Development and Scalable Production of Newcastle Disease Virus-Vectored Vaccines for Human and Veterinary Use


The COVID-19 pandemic has highlighted the need for efficient vaccine platforms that can rapidly be developed and manufactured on a large scale to immunize the population against emerging viruses. Viral-vectored vaccines are prominent vaccine platforms that have been approved for use against the Ebola virus and SARS-CoV-2. The Newcastle Disease Virus is a promising viral vector, as an avian paramyxovirus that infects poultry but is safe for use in humans and other animals. NDV has been extensively studied not only as an oncolytic virus but also a vector for human and veterinary vaccines, with currently ongoing clinical trials for use against SARS-CoV-2. However, there is a gap in NDV research when it comes to process development and scalable manufacturing, which are critical for future approved vaccines.

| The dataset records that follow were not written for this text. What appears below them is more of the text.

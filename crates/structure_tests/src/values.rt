// The conditions on local functions over one and two worlds.
ghost use Rattle.std.specs.Prelude.{◌≡◌, [], ◌∷◌, Some, IfOk};
ghost use Rattle.nxf_tree.specs.WellFormed.{IsWellFormed};
ghost use Rattle.structure_tests.specs.steps.Signatures.{local_symbol};

use crate::existence::put;
use designation::{axioms, first_fault};
use fin_struct::{Condition, Kripke};
use nxf_base::{List, Memory, Text};
use nxf_tree::{Designation, Locality, Regime, Signature, SortEntry, SortName, SymbolEntry};
use std::alloc::Global;
use std::test::Fail;

// A signature with `$i` under this regime and a function `f` of two arguments.
fn one_function(
    alloc: Global,
    regime: Regime,
    designation: Designation,
    locality: Locality,
) -> Result<Signature, Memory>
    ensures formed { IfOk result IsWellFormed }
    ensures sorts { IfOk result (λ over. over.sorts ≡ record { name = SortName.Individual; regime = regime } ∷ []) }
{
    let mut sorts = List::new(alloc);
    sorts.push(SortEntry {
        name: SortName::Individual,
        regime,
    })?;
    let mut args = List::new(alloc);
    args.push(0)?;
    args.push(0)?;
    let mut symbols = List::new(alloc);
    symbols.push(SymbolEntry {
        name: Text::from_bytes(alloc, b"f")?,
        args,
        gives: Some(0),
        designation,
        locality,
    })?;
    Ok(Signature {
        sorts,
        symbols,
        indexes: List::new(alloc),
    })
}

#[test]
fn axioms_of_local_functions(rt: HostRuntime) -> Result<(), Fail> {
    let alloc = rt.alloc();
    for (regime, designation, locality, count) in [
        (Regime::Varying, Designation::Rigid, Locality::Local, 1),
        (Regime::Varying, Designation::Flexible, Locality::Local, 1),
        (Regime::Varying, Designation::Rigid, Locality::Global, 0),
        (Regime::Constant, Designation::Rigid, Locality::Local, 0),
    ] {
        let signature = one_function(alloc, regime, designation, locality)?;
        assert_eq!(rt; axioms(alloc, &signature)?.len(), count);
    }
    Ok(())
}

// The first fault of two worlds and two elements, which exist as said; the values of `f` are all element 0.
fn fault_of(
    alloc: Global,
    designation: Designation,
    locality: Locality,
    existing: &[(u32, u32)],
) -> Result<Option<Condition>, Fail> {
    let over = one_function(alloc, Regime::Varying, designation, locality)?;
    let mut sizes = List::new(alloc);
    sizes.push(2)?;
    sizes.push(2)?;
    let mut kripke = Kripke::new(alloc, &over, &sizes)?;
    for (world, element) in existing {
        put(&mut kripke, *world, *element);
    }
    Ok(first_fault(&over, &kripke))
}

// Element 0 exists at both worlds, at the first alone where only element 1 exists at the second, or at the first alone
// where nobody exists at the second.
#[test]
fn values_that_exist(rt: HostRuntime) -> Result<(), Fail> {
    let alloc = rt.alloc();
    let both = [(0, 0), (1, 0)].as_slice();
    let apart = [(0, 0), (1, 1)].as_slice();
    let fault = Some(Condition::Local(0));
    for (designation, locality, existing, found) in [
        (Designation::Rigid, Locality::Local, both, None),
        (Designation::Rigid, Locality::Local, apart, fault),
        (Designation::Flexible, Locality::Local, apart, fault),
        (Designation::Rigid, Locality::Global, apart, None),
        (
            Designation::Rigid,
            Locality::Local,
            [(0, 0)].as_slice(),
            None,
        ),
    ] {
        assert_eq!(rt; fault_of(alloc, designation, locality, existing)?, found);
    }
    Ok(())
}

fn constant(alloc: Global, name: &[u8], sort: u32) -> Result<SymbolEntry, Memory>
    ensures { IfOk result (λ made. made ≡ local_symbol name.now [] (Some sort) Designation.Rigid) }
{
    Ok(SymbolEntry {
        name: Text::from_bytes(alloc, name)?,
        args: List::new(alloc),
        gives: Some(sort),
        designation: Designation::Rigid,
        locality: Locality::Local,
    })
}

// The first fault of the varying domains of `$i` and `s`, and that of local constants `c` of `$i` and `d` of `s`, in one world
// with one element in each sort, which exists as said.
fn faults_of_two(
    alloc: Global,
    first: bool,
    second: bool,
) -> Result<(Option<Condition>, Option<Condition>), Fail> {
    let mut sorts = List::new(alloc);
    sorts.push(SortEntry {
        name: SortName::Individual,
        regime: Regime::Varying,
    })?;
    sorts.push(SortEntry {
        name: SortName::User(Text::from_bytes(alloc, b"s")?),
        regime: Regime::Varying,
    })?;
    let mut symbols = List::new(alloc);
    symbols.push(constant(alloc, b"c", 0)?)?;
    symbols.push(constant(alloc, b"d", 1)?)?;
    let over = Signature {
        sorts,
        symbols,
        indexes: List::new(alloc),
    };
    let mut sizes = List::new(alloc);
    sizes.push(1)?;
    sizes.push(1)?;
    sizes.push(1)?;
    let mut kripke = Kripke::new(alloc, &over, &sizes)?;
    kripke.set_exists(0, 0, 0, first);
    kripke.set_exists(1, 0, 0, second);
    let domain = domains::first_fault(&over, &kripke);
    Ok((domain, first_fault(&over, &kripke)))
}

#[test]
fn first_of_two(rt: HostRuntime) -> Result<(), Fail> {
    let alloc = rt.alloc();
    for (first, second, place) in [
        (true, true, None),
        (false, true, Some(0)),
        (true, false, Some(1)),
        (false, false, Some(0)),
    ] {
        let (domain, term) = faults_of_two(alloc, first, second)?;
        assert_eq!(rt; domain, place.map(Condition::Empty));
        assert_eq!(rt; term, place.map(Condition::Local));
    }
    Ok(())
}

In this review, we summarize the advantages of NDV as a viral vector, describe the steps and limitations to generating recombinant NDV constructs, review the advances in human and veterinary vaccine candidates in pre-clinical and clinical tests, and elaborate on production in embryonated chicken eggs and cell culture. Mainly, we discuss the existing data on NDV propagation from a process development perspective and provide prospects for the next steps necessary to potentially achieve large-scale NDV-vectored vaccine manufacturing.